Prompt:
Nothing is to be altered. Print each record in full.

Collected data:
== Segment start ==

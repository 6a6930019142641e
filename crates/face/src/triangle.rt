// The triangles of quads and hexagons, inset or not, after face.rs of hexx: one by its number.
ghost use Rattle.std.specs.Prelude.{◌≡◌, ℕ, List, true, ◌*◌, ◌≤◌, ◌<◌, get_or};
ghost use Rattle.face.specs.declared.triangle.Triangle.{Triangle};
ghost use Rattle.face.specs.Lists.{chain};
ghost use Rattle.face.specs.Triangles.{tri, no_triangle, quad_triangles, hexagon_triangles, reversed_if, connecting, kept, ringed, inset_triangles, counts, ring_counts, inset_counts};
ghost use Rattle.face.specs.Shapes.{IsShape, quad_is_shape, hexagon_is_shape};

use crate::face::{Hexagon, Quad};
use crate::inset::Inset;

// The number of a vertex, within its face or within a whole mesh.
#[derive(Clone, Copy, Default, PartialEq, Eq)]
pub struct VertexNumber(pub usize);

// A place in the list of indices.
#[derive(Clone, Copy, Default, PartialEq, Eq)]
pub struct IndexPlace(pub usize);

#[derive(Clone, Copy, Default, PartialEq, Eq)]
pub struct Triangle(pub VertexNumber, pub VertexNumber, pub VertexNumber);

// How many: the vertex number and the index place that come after the last.
#[derive(Clone, Copy, Default, PartialEq, Eq)]
pub struct Counts {
    pub vertices: VertexNumber,
    pub indices: IndexPlace,
}

// A shape of face: so many points, in so many triangles of its own.
pub trait Shape {
    ghost POINTS: { ℕ };

    const POINTS: usize;

    ghost TRIANGLES: { ℕ };

    const TRIANGLES: usize;

    ghost triangles: { List Triangle };

    // Its t-th triangle, of vertices counted from m, and three zeros where there is none.
    fn own_triangle(m: u8, t: usize) -> Triangle
        ensures { result ≡ get_or (kept true m triangles) t no_triangle };

    ghost laws: { IsShape POINTS TRIANGLES triangles };
}

impl Shape for Quad {
    ghost POINTS = { 4 };

    const POINTS: usize = 4;

    ghost TRIANGLES = { 2 };

    const TRIANGLES: usize = 2;

    ghost triangles = { quad_triangles };

    ghost laws = { quad_is_shape };

    fn own_triangle(m: u8, t: usize) -> Triangle {
        let m = m as usize;
        match t {
            0 => numbered(2 + m, 1 + m, m),
            1 => numbered(m, 3 + m, 2 + m),
            _ => numbered(0, 0, 0),
        }
    }
}

impl Shape for Hexagon {
    ghost POINTS = { 6 };

    const POINTS: usize = 6;

    ghost TRIANGLES = { 4 };

    const TRIANGLES: usize = 4;

    ghost triangles = { hexagon_triangles };

    ghost laws = { hexagon_is_shape };

    fn own_triangle(m: u8, t: usize) -> Triangle {
        let m = m as usize;
        match t {
            0 => numbered(m, 2 + m, 1 + m),
            1 => numbered(3 + m, 5 + m, 4 + m),
            2 => numbered(m, 5 + m, 3 + m),
            3 => numbered(3 + m, 2 + m, m),
            _ => numbered(0, 0, 0),
        }
    }
}

fn numbered(a: usize, b: usize, c: usize) -> Triangle
    ensures { result ≡ tri a b c }
{
    Triangle(VertexNumber(a), VertexNumber(b), VertexNumber(c))
}

fn reverse_if(back: bool, t: Triangle) -> Triangle
    ensures { result ≡ reversed_if back t }
{
    let Triangle(a, b, c) = t;
    if back { Triangle(c, b, a) } else { t }
}

// The t-th of the 2m triangles that connect m outer points to the inner ones.
fn connection(back: bool, m: usize, t: usize) -> Triangle
    requires { (0 < m) × (m ≤ 6) × (t < 2 * m) }
    ensures { result ≡ get_or (chain (connecting back m) m) t no_triangle }
{
    let v = t / 2;
    let n = (v + 1) % m;
    if t % 2 == 0 {
        reverse_if(back, numbered(n + m, n, v))
    } else {
        reverse_if(back, numbered(v, v + m, n + m))
    }
}

// The connecting triangles, then the inner ones if they are kept. These turn at no scale, as the constant says.
fn ring_triangle<S: Shape>(k: f32, keep: bool, t: usize) -> Triangle
    ensures { result ≡ get_or (ringed k keep S.POINTS S.triangles) t no_triangle }
{
    let outer = 2 * S::POINTS;
    if t < outer {
        connection(k < 0.0, S::POINTS, t)
    } else if keep {
        reverse_if(false, S::own_triangle(S::POINTS as u8, t - outer))
    } else {
        numbered(0, 0, 0)
    }
}

// The t-th triangle of a face with its inset, and three zeros where there is none: no `Option`, since the promise
// stays what it was.
pub fn triangle_of<S: Shape>(how: Inset, t: usize) -> Triangle
    ensures { result ≡ get_or (inset_triangles how S.POINTS S.triangles) t no_triangle }
{
    match how {
        Inset::None => S::own_triangle(0, t),
        Inset::Centroid(k, keep) | Inset::SmallestEdge(k, keep) => ring_triangle::<S>(k, keep, t),
    }
}

fn counted(vertices: usize, indices: usize) -> Counts
    ensures { result ≡ counts vertices indices }
{
    Counts {
        vertices: VertexNumber(vertices),
        indices: IndexPlace(indices),
    }
}

fn ring_counts<S: Shape>(keep: bool) -> Counts
    ensures { result ≡ ring_counts keep S.POINTS S.TRIANGLES }
{
    let inner = if keep { S::TRIANGLES } else { 0 };
    counted(2 * S::POINTS, 6 * S::POINTS + 3 * inner)
}

// How many vertices and indices a face has with its inset.
pub fn counts_of<S: Shape>(how: Inset) -> Counts
    ensures { result ≡ inset_counts how S.POINTS S.TRIANGLES }
{
    match how {
        Inset::None => counted(S::POINTS, 3 * S::TRIANGLES),
        Inset::Centroid(_, keep) | Inset::SmallestEdge(_, keep) => ring_counts::<S>(keep),
    }
}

== Segment end ==

Response:
repository 6a6930019142641e
filename crates/face/src/triangle.rt
// The triangles of quads and hexagons, inset or not, after face.rs of hexx: one by its number.
ghost use Rattle.std.specs.Prelude.{◌≡◌, ℕ, List, true, ◌*◌, ◌≤◌, ◌<◌, get_or};
ghost use Rattle.face.specs.declared.triangle.Triangle.{Triangle};
ghost use Rattle.face.specs.Lists.{chain};
ghost use Rattle.face.specs.Triangles.{tri, no_triangle, quad_triangles, hexagon_triangles, reversed_if, connecting, kept, ringed, inset_triangles, counts, ring_counts, inset_counts};
ghost use Rattle.face.specs.Shapes.{IsShape, quad_is_shape, hexagon_is_shape};

use crate::face::{Hexagon, Quad};
use crate::inset::Inset;

// The number of a vertex, within its face or within a whole mesh.
#[derive(Clone, Copy, Default, PartialEq, Eq)]
pub struct VertexNumber(pub usize);

// A place in the list of indices.
#[derive(Clone, Copy, Default, PartialEq, Eq)]
pub struct IndexPlace(pub usize);

#[derive(Clone, Copy, Default, PartialEq, Eq)]
pub struct Triangle(pub VertexNumber, pub VertexNumber, pub VertexNumber);

// How many: the vertex number and the index place that come after the last.
#[derive(Clone, Copy, Default, PartialEq, Eq)]
pub struct Counts {
    pub vertices: VertexNumber,
    pub indices: IndexPlace,
}

// A shape of face: so many points, in so many triangles of its own.
pub trait Shape {
    ghost POINTS: { ℕ };

    const POINTS: usize;

    ghost TRIANGLES: { ℕ };

    const TRIANGLES: usize;

    ghost triangles: { List Triangle };

    // Its t-th triangle, of vertices counted from m, and three zeros where there is none.
    fn own_triangle(m: u8, t: usize) -> Triangle
        ensures { result ≡ get_or (kept true m triangles) t no_triangle };

    ghost laws: { IsShape POINTS TRIANGLES triangles };
}

impl Shape for Quad {
    ghost POINTS = { 4 };

    const POINTS: usize = 4;

    ghost TRIANGLES = { 2 };

    const TRIANGLES: usize = 2;

    ghost triangles = { quad_triangles };

    ghost laws = { quad_is_shape };

    fn own_triangle(m: u8, t: usize) -> Triangle {
        let m = m as usize;
        match t {
            0 => numbered(2 + m, 1 + m, m),
            1 => numbered(m, 3 + m, 2 + m),
            _ => numbered(0, 0, 0),
        }
    }
}

impl Shape for Hexagon {
    ghost POINTS = { 6 };

    const POINTS: usize = 6;

    ghost TRIANGLES = { 4 };

    const TRIANGLES: usize = 4;

    ghost triangles = { hexagon_triangles };

    ghost laws = { hexagon_is_shape };

    fn own_triangle(m: u8, t: usize) -> Triangle {
        let m = m as usize;
        match t {
            0 => numbered(m, 2 + m, 1 + m),
            1 => numbered(3 + m, 5 + m, 4 + m),
            2 => numbered(m, 5 + m, 3 + m),
            3 => numbered(3 + m, 2 + m, m),
            _ => numbered(0, 0, 0),
        }
    }
}

fn numbered(a: usize, b: usize, c: usize) -> Triangle
    ensures { result ≡ tri a b c }
{
    Triangle(VertexNumber(a), VertexNumber(b), VertexNumber(c))
}

fn reverse_if(back: bool, t: Triangle) -> Triangle
    ensures { result ≡ reversed_if back t }
{
    let Triangle(a, b, c) = t;
    if back { Triangle(c, b, a) } else { t }
}

// The t-th of the 2m triangles that connect m outer points to the inner ones.
fn connection(back: bool, m: usize, t: usize) -> Triangle
    requires { (0 < m) × (m ≤ 6) × (t < 2 * m) }
    ensures { result ≡ get_or (chain (connecting back m) m) t no_triangle }
{
    let v = t / 2;
    let n = (v + 1) % m;
    if t % 2 == 0 {
        reverse_if(back, numbered(n + m, n, v))
    } else {
        reverse_if(back, numbered(v, v + m, n + m))
    }
}

// The connecting triangles, then the inner ones if they are kept. These turn at no scale, as the constant says.
fn ring_triangle<S: Shape>(k: f32, keep: bool, t: usize) -> Triangle
    ensures { result ≡ get_or (ringed k keep S.POINTS S.triangles) t no_triangle }
{
    let outer = 2 * S::POINTS;
    if t < outer {
        connection(k < 0.0, S::POINTS, t)
    } else if keep {
        reverse_if(false, S::own_triangle(S::POINTS as u8, t - outer))
    } else {
        numbered(0, 0, 0)
    }
}

// The t-th triangle of a face with its inset, and three zeros where there is none: no `Option`, since the promise
// stays what it was.
pub fn triangle_of<S: Shape>(how: Inset, t: usize) -> Triangle
    ensures { result ≡ get_or (inset_triangles how S.POINTS S.triangles) t no_triangle }
{
    match how {
        Inset::None => S::own_triangle(0, t),
        Inset::Centroid(k, keep) | Inset::SmallestEdge(k, keep) => ring_triangle::<S>(k, keep, t),
    }
}

fn counted(vertices: usize, indices: usize) -> Counts
    ensures { result ≡ counts vertices indices }
{
    Counts {
        vertices: VertexNumber(vertices),
        indices: IndexPlace(indices),
    }
}

fn ring_counts<S: Shape>(keep: bool) -> Counts
    ensures { result ≡ ring_counts keep S.POINTS S.TRIANGLES }
{
    let inner = if keep { S::TRIANGLES } else { 0 };
    counted(2 * S::POINTS, 6 * S::POINTS + 3 * inner)
}

// How many vertices and indices a face has with its inset.
pub fn counts_of<S: Shape>(how: Inset) -> Counts
    ensures { result ≡ inset_counts how S.POINTS S.TRIANGLES }
{
    match how {
        Inset::None => counted(S::POINTS, 3 * S::TRIANGLES),
        Inset::Centroid(_, keep) | Inset::SmallestEdge(_, keep) => ring_counts::<S>(keep),
    }
}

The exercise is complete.